Finding Pythagorean triplets in an array. A Pythagorean triplet consists of three positive integers `a`, `b`, and `c` such that `a^2 + b^2 = c^2`. The task is to identify and display all Pythagorean triplets from a given array of integers.

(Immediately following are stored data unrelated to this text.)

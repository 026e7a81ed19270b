// Levels and terms worked out by hand.
#![tactic(auto)]

#[cfg(test)]
mod levels;
#[cfg(test)]
mod terms;
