// Claims in ascending order, and the level of what is filled into them.
use level::{Estate, Fraction, fill, total};
use std::test::Fail;

const MOST: u64 = 18446744073709551615;

// Claims, what is filled in, and the level: some of it, more than all of it, into none, nothing, and the largest numbers.
const FILLED: &[(&[u64], u64, u64, u64)] = &[
    (&[100, 200, 300], 200, 200, 3),
    (&[100, 200, 300], 400, 300, 2),
    (&[100, 200, 300], 600, 300, 1),
    (&[100, 200, 300], 601, 1, 0),
    (&[], 5, 5, 0),
    (&[0, 0], 0, 0, 2),
    (&[MOST, MOST], MOST, MOST, 2),
    (&[1, MOST, MOST], MOST, 18446744073709551614, 2),
];

#[test]
fn levels_found(rt: HostRuntime) {
    for &(claims, target, numerator, denominator) in FILLED {
        let level = Fraction {
            numerator,
            denominator,
        };
        assert!(rt; fill(claims, target) == level);
    }
}

// Claims and what they come to: the last two are more than a word holds.
const TOTALS: &[(&[u64], u64)] = &[
    (&[], 0),
    (&[100, 200, 300], 600),
    (&[0, MOST], MOST),
    (&[1, MOST], MOST),
    (&[MOST, MOST, MOST], MOST),
];

#[test]
fn totals(rt: HostRuntime) {
    for &(claims, all) in TOTALS {
        assert!(rt; total(claims) == all);
    }
}

// What is there, what is claimed, and what is divided.
const DIVIDED: &[(u64, u64, u64)] = &[
    (5, 6, 5),
    (6, 5, 5),
    (1_000_000_000_000, MOST, 1_000_000_000_000),
    (1_000_000_000_000, 0, 0),
];

#[test]
fn divided(rt: HostRuntime) -> Result<(), Fail> {
    for &(there, claimed, divided) in DIVIDED {
        let estate = Estate::new(there, claimed).ok_or("none")?;
        assert!(rt; estate.divided() == divided);
    }
    assert!(rt; Estate::new(1_000_000_000_001, 0).is_none());
    Ok(())
}
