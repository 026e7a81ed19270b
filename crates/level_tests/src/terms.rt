// Estates, and the terms on which they are divided.
use level::{Fraction, Side, terms_of};
use std::test::Fail;

const MOST: u64 = 18446744073709551615;

// What is there and the claims; what is levelled, what is spread among how many, and the parts of a cent: claims of 100, 200
// and 300 with 100, 200 and 300 there, one cent below and above one half, and with 200 and 100 lost; equal claims below, at
// and above one half; claims of zero; one creditor; all covered, exactly and with more; nothing there; no creditors; claims
// that no word holds together.
const TERMS: &[(u64, &[u64], Side, u64, u64, u64)] = &[
    (100, &[100, 200, 300], Side::Gains, 200, 3, 6),
    (200, &[100, 200, 300], Side::Gains, 300, 2, 4),
    (300, &[100, 200, 300], Side::Gains, 300, 1, 2),
    (299, &[100, 200, 300], Side::Gains, 298, 1, 2),
    (301, &[100, 200, 300], Side::Losses, 298, 1, 2),
    (400, &[100, 200, 300], Side::Losses, 300, 2, 4),
    (500, &[100, 200, 300], Side::Losses, 200, 3, 6),
    (5, &[10, 10, 10], Side::Gains, 10, 3, 6),
    (1, &[1, 1], Side::Gains, 2, 2, 4),
    (7, &[3, 3, 3, 3], Side::Losses, 10, 4, 8),
    (4, &[2, 4], Side::Losses, 4, 2, 4),
    (5, &[0, 0, 7], Side::Losses, 4, 1, 2),
    (3, &[0, 0], Side::Gains, 0, 2, 4),
    (4, &[9], Side::Gains, 8, 1, 2),
    (5, &[9], Side::Losses, 8, 1, 2),
    (11, &[5, 6], Side::Losses, 0, 2, 4),
    (20, &[5, 6], Side::Losses, 0, 2, 4),
    (0, &[1, 2], Side::Gains, 0, 2, 4),
    (10, &[], Side::Gains, 0, 0, 1),
    (0, &[], Side::Gains, 0, 0, 1),
    (7, &[MOST, MOST], Side::Gains, 14, 2, 4),
    (7, &[2, MOST, MOST], Side::Gains, 12, 2, 4),
];

#[test]
fn terms_found(rt: HostRuntime) -> Result<(), Fail> {
    for &(there, claims, side, numerator, denominator, parts) in TERMS {
        let terms = terms_of(there, claims).ok_or("none")?;
        let level = Fraction {
            numerator,
            denominator,
        };
        assert!(rt; terms.side == side);
        assert!(rt; terms.level == level);
        assert!(rt; terms.parts() == parts);
    }
    Ok(())
}

// As many creditors as may be, each with as large a claim as may be: of what they lose, 24,000,000,000 cents, each loses
// the same. One cent more is more than may be there.
#[test]
fn at_the_limits(rt: HostRuntime) -> Result<(), Fail> {
    let claims = [1_000_000_000; 1024];
    let terms = terms_of(1_000_000_000_000, &claims).ok_or("none")?;
    let level = Fraction {
        numerator: 48_000_000_000,
        denominator: 1024,
    };
    assert!(rt; terms.side == Side::Losses);
    assert!(rt; terms.level == level);
    assert!(rt; terms.parts() == 2048);
    assert!(rt; terms_of(1_000_000_000_001, &claims).is_none());
    Ok(())
}
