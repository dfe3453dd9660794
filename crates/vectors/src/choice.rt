// "that name's first unused vectors in file order, as many as asked or as remain, at most 16"
ghost use Rattle.std.specs.Prelude.{◌≡◌, ◌+◌, ◌*◌, ◌≤◌, ◌<◌, length};
ghost use Rattle.vectors.specs.Chosen.{unused_here, unused_at, unused_of, none_sent, packed};
ghost use Rattle.vectors.specs.Sendable.{sent_also};
ghost use Rattle.vectors.specs.VectorFile.{SoundVectors};

use crate::vector;
use crate::vector::Vector;
use octets::name;

// At most so many vectors are sent in one answer.
pub const MOST: usize = 16;

// The numbers of the blocks that are sent: the first so many of the array.
#[derive(Clone, Copy)]
pub struct Sent {
    pub blocks: [u32; MOST],
    pub count: usize,
}

impl Sent {
    // One block more.
    fn push(&mut self, k: u32)
        requires { self.old.count < 16 }
        ensures { self.new ≡ sent_also self.old k }
    {
        self.blocks[self.count] = k;
        self.count += 1;
    }
}

// No block.
pub fn none() -> Sent
    ensures { result ≡ none_sent }
{
    Sent {
        blocks: [0; MOST],
        count: 0,
    }
}

// Whether a vector is unused and for this private identity.
fn unused(b: &[u8; blocks::BLOCK], name: &[u8]) -> bool
    ensures { result ≡ unused_here b.now name.now }
{
    b[Vector::USED_AT] == 0 && name::same(vector::private(b), name)
}

// The same of block k.
fn unused_at(v: &[u8], k: usize, name: &[u8]) -> bool
    requires { 512 * k + 512 ≤ length v.now }
    ensures { result ≡ unused_at v.now name.now k }
{
    unused(blocks::block(v, k), name)
}

// The first unused vectors of a private identity, at most so many. The array is touched only where one is found.
pub fn first_unused(v: &[u8], name: &[u8], most: usize) -> Sent
    requires { SoundVectors v.now × (most ≤ 16) }
    ensures { result ≡ packed (unused_of v.now name.now most) }
{
    let mut sent = none();
    for k in 0..v.len() / blocks::BLOCK {
        if most <= sent.count {
            break;
        }
        if unused_at(v, k, name) {
            sent.push(k as u32);
        }
    }
    sent
}
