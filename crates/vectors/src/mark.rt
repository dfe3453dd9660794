// "are marked used": of a vector only this byte and its check word change.
ghost use Rattle.std.specs.Prelude.{◌≡◌, ◌+◌, ◌*◌, ◌≤◌, ◌%◌, length};
ghost use Rattle.blocks.specs.Changed.{changed_in};
ghost use Rattle.vectors.specs.Chosen.{sent_of};
ghost use Rattle.vectors.specs.Sendable.{Sendable};
ghost use Rattle.vectors.specs.Marked.{marked_used, spent};

use crate::choice::Sent;
use crate::vector::Vector;

fn mark(b: &mut [u8; blocks::BLOCK])
    ensures { b.new ≡ marked_used b.old }
{
    b[Vector::USED_AT] = 1;
    blocks::seal(b);
}

// Block k of a file.
fn mark_at(v: &mut [u8], k: usize)
    requires { 512 * k + 512 ≤ length v.old }
    ensures { v.new ≡ changed_in v.old k marked_used }
{
    let (_, rest) = v.split_at_mut(blocks::BLOCK * k);
    mark(rest.first_chunk_mut().unwrap());
}

// Every block that is sent.
pub fn spend(v: &mut [u8], sent: Sent)
    requires { Sendable v.old sent × (length v.old % 512 ≡ 0) }
    ensures { v.new ≡ spent v.old (sent_of sent) }
{
    for k in &sent.blocks[..sent.count] {
        mark_at(v, *k as usize);
    }
}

For example, given an array `[6, 29, 4, 15, 8, 20, 11, 17, 10, 21]`, we need to find and display all Pythagorean triplets.

## Problem Statement

The problem requires identifying and displaying all Pythagorean triplets from a given array of integers.

## Explanation with Example

Let's consider the example provided: array `[6, 29, 4, 15, 8, 20, 11, 17, 10, 21]`.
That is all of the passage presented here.